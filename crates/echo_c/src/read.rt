// Scripts read back, for C.
ghost use Rattle.std.specs.Prelude.{◌≡◌};
ghost use Rattle.lent.specs.Lent.{problem_of};
ghost use Rattle.readback.specs.ReadAnswers.{read_script_answer};
ghost use Rattle.read_answers.specs.Answered.{read_numbers};

use read_answers::ReadAnswer;
use script_reader::Outputs;

// The problem of a script, in the eighteen outputs.
#[unsafe(no_mangle)]
pub extern "C" fn read_script(
    script: &[u8],
    nodes: &mut [u8],
    bits: &mut [u8],
    side: &mut [u64],
    roots: &mut [u64],
    names: &mut [u8],
    name_start: &mut [u64],
    name_len: &mut [u64],
    var_node: &mut [u64],
    var_width: &mut [u64],
    anames: &mut [u8],
    aname_start: &mut [u64],
    aname_len: &mut [u64],
    index_width: &mut [u64],
    value_width: &mut [u64],
    fnames: &mut [u8],
    fname_start: &mut [u64],
    fname_len: &mut [u64],
    func_width: &mut [u64],
) -> ReadAnswer
    ensures { read_numbers result (problem_of nodes.new bits.new side.new roots.new names.new name_start.new name_len.new var_node.new var_width.new anames.new aname_start.new aname_len.new index_width.new value_width.new fnames.new fname_start.new fname_len.new func_width.new) ≡ read_script_answer script.now (problem_of nodes.old bits.old side.old roots.old names.old name_start.old name_len.old var_node.old var_width.old anames.old aname_start.old aname_len.old index_width.old value_width.old fnames.old fname_start.old fname_len.old func_width.old) }
{
    let mut outputs = Outputs {
        nodes,
        bits,
        side,
        roots,
        names,
        name_start,
        name_len,
        var_node,
        var_width,
        anames,
        aname_start,
        aname_len,
        index_width,
        value_width,
        fnames,
        fname_start,
        fname_len,
        func_width,
    };
    ReadAnswer::from(script_reader::read_script(script, &mut outputs))
}
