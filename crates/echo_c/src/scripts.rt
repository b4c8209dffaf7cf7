// The first script in a file of scripts end to end, for C.
ghost use Rattle.std.specs.Prelude.{◌≡◌};
ghost use Rattle.script_lines.specs.Lines.{following_script};
ghost use Rattle.script_lines.specs.Numbers.{cut_at, script_answer};

use script_lines::numbers::ScriptAnswer;

// The length of the first script, up to and with its check-sat line.
#[unsafe(no_mangle)]
pub extern "C" fn next_script(file: &[u8]) -> ScriptAnswer
    ensures { cut_at result ≡ script_answer (following_script file.now) }
{
    script_lines::numbers::first_script(file)
}
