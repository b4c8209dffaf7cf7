// The entry points for C, and for Rust over C, under their plain names, as in include/echo.h: the printer and the width pass here, the others
// in files of their own. A slice is a pointer and a `size_t`; the answer is a struct of numbers.
// Kept: each export that takes a problem names its eighteen slices, as C passes them, and no macro of this language writes a function.
#![tactic(auto)]

pub mod fewest_form;
pub mod formula_form;
pub mod hidden_form;
pub mod let_form;
pub mod read;
pub mod records;
pub mod release_file;
pub mod scripts;
pub mod size;
pub mod trace;

ghost use Rattle.std.specs.Prelude.{◌≡◌};
ghost use Rattle.echo_spec.specs.Input.{array_columns};
ghost use Rattle.echo_spec.specs.Answers.{echo_ext_answer, ext_wf_answer};
ghost use Rattle.lent.specs.Lent.{problem_of};
ghost use Rattle.c_answers.specs.Answered.{printed, passed};

use c_answers::{EchoAnswer, WidthAnswer};
use lent::Problem;

// The printer.
#[unsafe(no_mangle)]
pub extern "C" fn echo_ext<'a>(
    nodes: &'a [u8],
    bits: &'a [u8],
    side: &'a [u64],
    roots: &'a [u64],
    names: &'a [u8],
    name_start: &'a [u64],
    name_len: &'a [u64],
    var_node: &'a [u64],
    var_width: &'a [u64],
    anames: &'a [u8],
    aname_start: &'a [u64],
    aname_len: &'a [u64],
    index_width: &'a [u64],
    value_width: &'a [u64],
    fnames: &'a [u8],
    fname_start: &'a [u64],
    fname_len: &'a [u64],
    func_width: &'a [u64],
    out: &mut [u8],
) -> EchoAnswer
    ensures { printed result out.new ≡ echo_ext_answer (problem_of nodes.now bits.now side.now roots.now names.now name_start.now name_len.now var_node.now var_width.now anames.now aname_start.now aname_len.now index_width.now value_width.now fnames.now fname_start.now fname_len.now func_width.now) out.old }
{
    let problem = Problem {
        nodes,
        bits,
        side,
        roots,
        names,
        name_start,
        name_len,
        var_node,
        var_width,
        anames,
        aname_start,
        aname_len,
        index_width,
        value_width,
        fnames,
        fname_start,
        fname_len,
        func_width,
    };
    EchoAnswer::from(echo_kernel::echo_ext(&problem, out))
}

// The width pass.
#[unsafe(no_mangle)]
pub extern "C" fn ext_wf(
    nodes: &[u8],
    bits: &[u8],
    side: &[u64],
    index_width: &[u64],
    value_width: &[u64],
    out: &mut [u64],
) -> WidthAnswer
    ensures { passed result out.new ≡ ext_wf_answer nodes.now bits.now side.now (array_columns index_width.now value_width.now) out.old }
{
    WidthAnswer::from(sliver_kernel::ext_wf(nodes, bits, side, index_width, value_width, out))
}
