// One meaning for a name in a release, for C.
ghost use Rattle.std.specs.Prelude.{◌≡◌};
ghost use Rattle.releases.specs.Release.{«release_answer»};
ghost use Rattle.release.specs.Numbers.{numbers_of};

use release::numbers::ReleaseAnswer;

// What is told of a file of scripts end to end.
#[unsafe(no_mangle)]
pub extern "C" fn check_release(file: &[u8]) -> ReleaseAnswer
    ensures { numbers_of result ≡ «release_answer» file.now }
{
    ReleaseAnswer::from(release::check_release(file))
}
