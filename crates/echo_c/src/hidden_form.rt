// The hidden form of a script, for C.
ghost use Rattle.std.specs.Prelude.{◌≡◌};
ghost use Rattle.lent.specs.Lent.{problem_of};
ghost use Rattle.hidden.specs.Hidden.{echo_hidden_answer};
ghost use Rattle.c_answers.specs.Answered.{printed};

use c_answers::EchoAnswer;
use lent::Problem;

// The printer, with zeros for the digits of each constant.
#[unsafe(no_mangle)]
pub extern "C" fn echo_hidden<'a>(
    nodes: &'a [u8],
    bits: &'a [u8],
    side: &'a [u64],
    roots: &'a [u64],
    names: &'a [u8],
    name_start: &'a [u64],
    name_len: &'a [u64],
    var_node: &'a [u64],
    var_width: &'a [u64],
    anames: &'a [u8],
    aname_start: &'a [u64],
    aname_len: &'a [u64],
    index_width: &'a [u64],
    value_width: &'a [u64],
    fnames: &'a [u8],
    fname_start: &'a [u64],
    fname_len: &'a [u64],
    func_width: &'a [u64],
    out: &mut [u8],
) -> EchoAnswer
    ensures { printed result out.new ≡ echo_hidden_answer (problem_of nodes.now bits.now side.now roots.now names.now name_start.now name_len.now var_node.now var_width.now anames.now aname_start.now aname_len.now index_width.now value_width.now fnames.now fname_start.now fname_len.now func_width.now) out.old }
{
    let problem = Problem {
        nodes,
        bits,
        side,
        roots,
        names,
        name_start,
        name_len,
        var_node,
        var_width,
        anames,
        aname_start,
        aname_len,
        index_width,
        value_width,
        fnames,
        fname_start,
        fname_len,
        func_width,
    };
    EchoAnswer::from(echo_hidden::echo_hidden(&problem, out))
}
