ghost use Rattle.std.specs.Prelude.{◌≡◌, ◌++◌, [], OnOk, codes, decimal, drop};
ghost use Rattle.std.specs.Str.{bytes_eq};
ghost use Rattle.otp_reason.specs.Names.{name_bytes};
ghost use Rattle.otp_diff.specs.Changes.{and_text, change_text, child_title, difference, difference_told, flags_text, is_text, key_member, kind_text, lone_text, lone_title, mark_text, modules_text, number_change_text, order_change_text, order_line, order_object, order_told, period_text, seconds_text, shutdown_text, side_word, significant_text, spec_text, start_text, stop_text, strategy_text, supervisor_title, title_text, truth_text, value_text, values_members, values_text, was_text};

use otp_costs::limits::supervisor_path;
use otp_costs::put_below;
use otp_json::{put_json_text, put_key, put_text};
use otp_reason::Name;
use otp_spec::{ChildSpec, Modules, Shutdown, SupFlags};
use otp_text::write_number;
use std::alloc::AllocError;

/// In which form the differences are told.
#[derive(Clone, Copy, Debug, PartialEq, Eq)]
pub enum Form {
    /// As lines.
    Text,
    /// As an object of JSON.
    Object,
}

/// What values are, as JSON.
#[derive(Clone, Copy, Debug, PartialEq, Eq)]
pub(crate) enum Values {
    Texts,
    Numbers,
}

/// Two places for texts that are compared.
#[derive(Drop)]
pub(crate) struct Words {
    pub one: Vec<u8>,
    pub other: Vec<u8>,
}

impl Words {
    /// Both texts are empty from now on.
    pub fn clear(&mut self)
        ensures one { self.new.one.items ≡ [] }
        ensures other { self.new.other.items ≡ [] }
    {
        self.one.clear();
        self.other.clear();
    }
}

/// Whether two texts are the same.
pub(crate) fn is_same(one: &[u8], other: &[u8]) -> bool
    ensures { result ≡ bytes_eq one.now other.now }
{
    one == other
}
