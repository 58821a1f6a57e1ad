// What the programs share: standard input is read until it ends or the buffer is full, and bytes are read from digits.
#![tactic(auto)]

ghost use Rattle.std.specs.Prelude.{◌<◌, ◌≤◌, length, take, IfOk};
ghost use Rattle.std.specs.Io.KnownBytes.{Consumes, IsAtEnd};

pub mod digits;

use std::io;
use std::io::Read;

// How many bytes were read: the reader's first ones, which stand at the buffer's start, and all of them where there is room left. Of a reader whose bytes are
// known the contract leaves one answer and one such start; of standard input no contract can say what it gives.
pub fn read_full<R: Read>(from: &mut R, bytes: &mut [u8]) -> io::Result<usize>
    ensures within { IfOk result (λ n. n ≤ length bytes.new) }
    ensures first { IfOk result (λ n. Consumes (R.remaining from.old) (R.remaining from.new) (take n bytes.new)) }
    ensures all { IfOk result (λ n. n < length bytes.new → IsAtEnd (R.remaining from.new)) }
{
    // A read brings as many bytes as it likes, so that no range says beforehand how often to read.
    let mut n = 0;
    while n < bytes.len() {
        let read = from.read(&mut bytes[n..])?;
        if read == 0 {
            return Ok(n);
        }
        n += read;
    }
    Ok(n)
}
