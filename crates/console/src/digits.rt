// Bytes written as pairs of hexadecimal digits, as the test programs read them.
ghost use Rattle.std.specs.Prelude.{ℕ, ◌≡◌, ◌<◌, ◌≤◌, ◌*◌, ◌/◌, min, length, drop, slice_index};
ghost use Rattle.console.specs.Digits.{digit_of, pair_of};

// What a digit counts, and 0 for anything else.
pub fn digit(c: u8) -> u8
    ensures value { result ≡ digit_of c }
    ensures small { result ≤ 15 }
{
    match c {
        b'0'..=b'9' => c - b'0',
        b'a'..=b'f' => c - b'a' + 10,
        _ => 0,
    }
}

// The bytes that pairs of digits make, as many as there are or there is room for.
pub fn decode(digits: &[u8], out: &mut [u8]) -> usize
    ensures count { result ≡ min (length out.old) (length digits.now / 2) }
    ensures decoded { (i : ℕ) → i < result → slice_index out.new i ≡ pair_of digits.now i }
    ensures rest { drop result out.new ≡ drop result out.old }
{
    let n = out.len().min(digits.len() / 2);
    for i in 0..n {
        out[i] = digit(digits[2 * i]) * 16 + digit(digits[2 * i + 1]);
    }
    n
}
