// The work in vectors: a pool is a vector of its strings, which may be there or not.
use super::{Before, Deed, Work};
use crate::times::nanos_since;
use crate::trouble::Trouble;
use std::alloc::{AllocError, Global};
use std::time::{Clock, Instant};

type Strings = Vec<Vec<u8>>;

type Pools = Vec<Option<Strings>>;

fn filled(alloc: Global, text: &[u8], number: u64) -> Result<Strings, AllocError> {
    let mut strings = Vec::new(alloc);
    for _ in 0..number {
        strings.push(Vec::from_slice(alloc, text)?)?;
    }
    Ok(strings)
}

// A pool with that many strings.
fn add(alloc: Global, pools: &mut Pools, text: &[u8], number: u64) -> Result<(), AllocError> {
    pools.push(Some(filled(alloc, text, number)?))?;
    Ok(())
}

// Pools with a string each; vectors know no parents.
fn grow(alloc: Global, pools: &mut Pools, text: &[u8], number: u64) -> Result<(), AllocError> {
    for _ in 0..number {
        add(alloc, pools, text, 1)?;
    }
    Ok(())
}

fn one_by_one(alloc: Global, text: &[u8], number: u64) -> Result<(), AllocError> {
    for _ in 0..number {
        drop(filled(alloc, text, 1)?);
    }
    Ok(())
}

fn oldest_first(pools: &mut Pools) {
    for pool in pools {
        *pool = None;
    }
}

fn youngest_first(pools: &mut Pools) {
    for pool in pools.iter_mut().rev() {
        *pool = None;
    }
}

fn prepare(alloc: Global, pools: &mut Pools, work: Work<'_>) -> Result<(), AllocError> {
    match work.before {
        Before::Nothing => Ok(()),
        Before::Strings => add(alloc, pools, work.text, work.number),
        Before::Pools(_) => grow(alloc, pools, work.text, work.number),
    }
}

fn perform(alloc: Global, pools: &mut Pools, work: Work<'_>) -> Result<(), AllocError> {
    match work.deed {
        Deed::Push => return add(alloc, pools, work.text, work.number),
        Deed::OneByOne => return one_by_one(alloc, work.text, work.number),
        Deed::OldestFirst => oldest_first(pools),
        Deed::YoungestFirst => youngest_first(pools),
        Deed::Clear => pools.clear(),
    }
    Ok(())
}

/// How long it takes.
pub(crate) fn nanos<C: Clock>(clock: &C, alloc: Global, work: Work<'_>) -> Result<u64, Trouble> {
    let mut pools = Vec::new(alloc);
    prepare(alloc, &mut pools, work)?;
    let start = Instant::now(clock)?;
    perform(alloc, &mut pools, work)?;
    nanos_since(clock, start)
}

○ ○ ○ ○ ○ ○ ○

__YOUR INSTRUCTIONS__
State only how many lines above contain "ReleaseAnswer".

__OUTPUT BELOW__
3